Came stuffed with crapware and Sony-isms from the start. Did a rebuild with
clean windows. Couldn't find any drivers for any of the Sony proprietary crap
(Sony firmware extension parser, Magic Gate, WTF etc) so left them off as it
worked fine.

After about 2 months the external PSU blew up. Sony couldn't provide a
replacement under warranty for over 6 weeks so I got a dodgy Chinese PSU from
Ali Express (took 2 days to arrive!). About 2 months later it started
overheating and turning off randomly. Took it to bits to try and clean it and
noticed that half the screws on the stand were no longer screwed in - all the
threads were stripped. The stand collapsed shortly after resulting it being
crudely propped on a pile of books. Turns out there was no dirt in the cooling
ducts at all. Took the HSF off the CPU and there was only thermal paste on
half of it. Sorted it with some arctic silver. About a month later the disk
blew up. Turns out it was from a known bad batch of WD disks. Stuck a new disk
in it. A month later it completely failed.

Total piece of junk. It lives in my cupboard as a reminder never to buy
anything Sony and as a source of a mouse and keyboard for my daughter's
Raspberry Pi. Even the keyboard and mouse suck.

ThinkPad user before and afterwards. ZERO problems ever.

------
ghc
That would be a shame. I've had a series of VAIOs since the late 90s, and
aside from the S series in the mid-2000s they've been stellar Linux machines.
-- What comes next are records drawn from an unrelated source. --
// What the label lines of a text say.

ghost use Rattle.std.specs.Prelude.{◌≡◌, ◌≤◌, ◌++◌, Err, IfOk, MatchResult, Ok, OnOk, false, map, true};
ghost use Rattle.std.specs.List.{list_all, list_any};
ghost use Rattle.std.specs.Str.{bytes_eq};
ghost use Rattle.lrc_labels.specs.declared.cut.Divider.TheVariants.{LineFeed};
ghost use Rattle.lrc_labels.specs.Cut.{cut, divides};
ghost use Rattle.lrc_labels.specs.Line.{fields_of, label_line_in, line_seen};
ghost use Rattle.lrc_labels.specs.Known.{IsKnown};
ghost use Rattle.lrc_labels.specs.Reading.{first_of, form_seen, idle_by, idle_in, idle_of, label_seen, labels_by, labels_of, labels_with, last_of, meets, said_of, size_fields};
ghost use Rattle.lrc_labels.specs.Sizes.{is_size, sizes_of};

use crate::cut::{Divider, cut};
use crate::form::{Form, reading_of};
use crate::known::{Known, taken};
use crate::label::{IdleLabel, Label, Labels, Reason};
use crate::line::{LabelLine, fields, label_line};
use crate::sizes::numbers_of;
use std::alloc::{AllocError, Global};

/// Reads the label lines of a text, for a program with this many words and locks. It fails only if memory runs out.
pub fn read_labels(
    alloc: Global,
    text: &[u8],
    words: u32,
    locks: u8,
) -> Result<Labels<'_>, AllocError>
    ensures said { IfOk result (λ labels. map label_seen labels.said.items
        ≡ labels_of words locks (cut (divides LineFeed) text.now)) }
    ensures idle { IfOk result (λ labels. labels.idle.items
        ≡ idle_of words locks (cut (divides LineFeed) text.now)) }
{
    let lines = cut(alloc, Divider::LineFeed, text)?;
    let mut known = Known::new(alloc);
    let mut idle = Vec::new(alloc);
    for (place, line) in lines.iter().enumerate() {
        read_line(&mut known, &mut idle, place + 1, line, words, locks)?;
    }
    Ok(Labels {
        said: known.said,
        idle,
    })
}

// Reads the line of this number, behind the lines before it.
fn read_line<'t>(
    known: &mut Known<'t>,
    idle: &mut Vec<IdleLabel>,
    number: usize,
    line: &'t [u8],
    words: u32,
    locks: u8,
) -> Result<(), AllocError>
    requires { IsKnown known.old }
    ensures known { OnOk result (IsKnown known.new) }
    ensures said { OnOk result (map label_seen known.new.said.items
        ≡ labels_with words locks (map label_seen known.old.said.items) line.entry.now) }
    ensures idle { OnOk result (idle.new.items
        ≡ idle.old.items ++ idle_in words locks (map label_seen known.old.said.items) number
        (label_line_in line.entry.now)) }
{
    match label_line(line) {
        Some(found) => read_label_line(known, idle, number, found, words, locks),
        None => Ok(()),
    }
}

// Reads a label line in the line of this number.
fn read_label_line<'t>(
    known: &mut Known<'t>,
    idle: &mut Vec<IdleLabel>,
    number: usize,
    found: LabelLine<'t>,
    words: u32,
    locks: u8,
) -> Result<(), AllocError>
    requires { IsKnown known.old }
    ensures known { OnOk result (IsKnown known.new) }
    ensures said { OnOk result (map label_seen known.new.said.items
        ≡ map label_seen known.old.said.items
        ++ labels_by (said_of words locks (map label_seen known.old.said.items)
        (fields_of found.entry.body.now))) }
    ensures idle { OnOk result (idle.new.items ≡ idle.old.items
        ++ idle_by number found.entry.column
        (said_of words locks (map label_seen known.old.said.items)
        (fields_of found.entry.body.now))) }
{
    let alloc = *idle.allocator();
    let fields = fields(alloc, found.body)?;
    match said_by(known, &fields, words, locks) {
        Ok(form) => known.push(label_of(alloc, form, &fields)?),
        Err(reason) => {
            idle.push(IdleLabel {
                line: number,
                column: found.column,
                reason,
            })?;
            Ok(())
        }
    }
}

// The label of this form, with the sizes among these fields.
fn label_of<'t>(alloc: Global, form: Form<'t>, fields: &[&[u8]]) -> Result<Label<'t>, AllocError>
    requires { list_all is_size (size_fields (map (λ field. field.now) fields.now)) ≡ true }
    ensures { IfOk result (λ label. label_seen label
        ≡ form_seen form.entry (sizes_of (size_fields (map (λ field. field.now) fields.now)))) }
{
    let sizes = sizes_among(alloc, fields)?;
    Ok(Label {
        target: form.target,
        name: form.name,
        sizes,
    })
}

// The sizes among the fields of a label line.
fn sizes_among(alloc: Global, fields: &[&[u8]]) -> Result<Vec<u32>, AllocError>
    requires { list_all is_size (size_fields (map (λ field. field.now) fields.now)) ≡ true }
    ensures { IfOk result (λ sizes. sizes.items
        ≡ sizes_of (size_fields (map (λ field. field.now) fields.now))) }
{
    match fields {
        [_, _, _, _, sizes @ ..] => numbers_of(alloc, sizes),
        [] | [_] | [_, _] | [_, _, _] => Ok(Vec::new(alloc)),
    }
}

// What the fields of a label line say behind these labels.
fn said_by<'t>(
    earlier: &Known<'t>,
    fields: &[&'t [u8]],
    words: u32,
    locks: u8,
) -> Result<Form<'t>, Reason>
    requires { IsKnown earlier.now }
    ensures is { let fields_are = map (λ field. field.now) fields.now in
        let said_is = said_of words locks (map label_seen earlier.now.said.items) fields_are in
        MatchResult result (λ form. said_is
        ≡ Ok (form_seen form (sizes_of (size_fields fields_are))))
        (λ reason. said_is ≡ Err reason) }
    ensures sizes { IfOk result (λ form.
        list_all is_size (size_fields (map (λ field. field.now) fields.now)) ≡ true) }
    ensures ends { IfOk result (λ form. first_of form.target ≤ last_of form.target) }
    ensures free { IfOk result (λ form. list_any (λ other. meets other.target form.target)
        (map label_seen earlier.now.said.items) ≡ false) }
{
    let form = reading_of(fields, words, locks)?;
    if earlier.has_target(form.target) {
        return Err(taken(form.target));
    }
    if earlier.has_name(form.name) {
        return Err(Reason::NameTaken);
    }
    Ok(form)
}

/// Returns whether one of these labels has this name.
pub fn has_name(labels: &[Label<'_>], name: &[u8]) -> bool
    ensures { result ≡ list_any (λ label. bytes_eq label.name name.now)
        (map label_seen labels.now) }
{
    labels.iter().any(|label| label.name == name)
}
The VAIO Pro I replaces my Z with in November is a fantastic machine and
pretty much everything worked out of the box with Debian+Xmonad.

------
epipsychidion
ITT: People post anecdotes about Vaio products without commenting on the
actual article.

------
girvo
Shame. My mums Vaio Pro (in red) is awesome.

------
n2j3
Will they also be selling the bucketloads of Vaio bloatware they force down
your throat? Good riddance.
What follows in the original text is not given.